START Supplied entries

//! The machine with page tables: cores whose instructions go through the nested walk of physical memory, and the two kernels.
//!
//! A step of a core fetches the instruction at RIP and executes it, through the EPT pointer and the CR3 of that core. At a
//! SYSCALL the Subkernel serves the call, and at a fault, or a VMFUNC that the list refuses, the thread ends or is sent home. All
//! else is done by instructions, the landing of a call too: the phase of a thread in flight is read off RIP. To contracts the
//! machine is its bytes, the tables of its kernels and its cores, and a step is `Steps` of the definitions. Where it stands for a
//! state of the plain machine, the plain machine has a step with the same line, and the machine stands for the state after it.
//!
//! Steps that a core makes by itself, in which the kernels have no part, can be made elsewhere, on copies of frames. For that the
//! machine shows the state of a core and the bytes of a frame, and puts back what came out: the state behind the steps and the
//! words that they wrote.
//!
//! Inside: cores (`processor`), the machine (`machine`) and its parts
//! (`parts`), an instruction (`instruction`), what follows it (`outcome`), VMFUNC (`vmfunc`),
//! system calls (`system_call`), the start (`start`), the step (`step`), the end of a run (`end`), the dump (`dump`) with its
//! lines (`dump_lines`), what a core reads and writes (`place`), and what steps made elsewhere need (`core_state`, `frame`) and
//! how they are put back (`apply`). Not inside: the walks (`sb_nested`) and the bus of a core (`sb_core_bus`), the kernels' tables
//! (`sb_root`, `sb_sub`), what the plain machine does (`sb_trace`), and what the text of a dump determines (`sb_shows`).
#![tactic(auto)]

mod apply;
mod core_state;
mod dump;
mod dump_lines;
mod end;
mod frame;
mod instruction;
mod laws;
mod machine;
mod outcome;
mod parts;
mod phase;
mod place;
mod processor;
mod start;
mod step;
mod system_call;
mod vmfunc;

pub use laws::{own_steps_are_plain, steps_are_plain};
pub use machine::Machine;
pub use outcome::{home_state, line_by};
pub use phase::phase_behind;
pub use place::{Place, Seen, Seens};
pub use processor::{Core, CoreState, Origin};
pub use vmfunc::{home_line, regs_behind};
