//! The parts of a machine.

ghost use Rattle.std.specs.Prelude.{◌≡◌, ◌<◌, length};
ghost use Rattle.sb_machine.specs.Machine.{core_at, with_core, with_state};

use crate::processor::{Core, CoreState};
use sb_frames::FrameBook;
use sb_memory::Memory;
use sb_root::RootKernel;
use sb_sub::SubKernel;
use std::marker::Model;

/// Memory, the frame book, the two kernels, and a core for each thread.
#[derive(Drop)]
pub struct Parts {
    pub(crate) memory: Memory,
    pub(crate) book: FrameBook,
    pub(crate) root: RootKernel,
    pub(crate) kernel: SubKernel,
    pub(crate) cores: Vec<Core>,
}

impl Model for Parts {
    ghost use Rattle.sb_machine.specs.Machine.{Machine};

    ghost Value = { Machine };

    ghost view = { λ parts. record {
      memory = parts.memory;
      book = parts.book;
      root = parts.root;
      kernel = parts.kernel;
      cores = parts.cores.items;
    } };
}

impl Parts {
    /// A core.
    #[tactic(auto, unfolding(crate::specs::Machine::core_at))]
    pub fn core(&self, number: u8) -> Core
        requires { number < length self.now.cores }
        ensures { result ≡ core_at self.now number }
    {
        self.cores[usize::from(number)]
    }

    /// Puts a core.
    pub fn set_core(&mut self, number: u8, core: Core)
        requires { number < length self.old.cores }
        ensures { self.new ≡ with_core self.old number core }
    {
        self.cores[usize::from(number)] = core;
    }

    /// Puts the state of a core.
    pub fn set_state(&mut self, number: u8, state: CoreState)
        requires { number < length self.old.cores }
        ensures { self.new ≡ with_state self.old number state }
    {
        let core = self.core(number);
        self.set_core(number, Core { state, ..core });
    }
}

END Supplied entries

Find all the lines with "processor" in the data and copy them.

#### Output
//! Inside: cores (`processor`), the machine (`machine`) and its parts
mod processor;
pub use processor::{Core, CoreState, Origin};
use crate::processor::{Core, CoreState};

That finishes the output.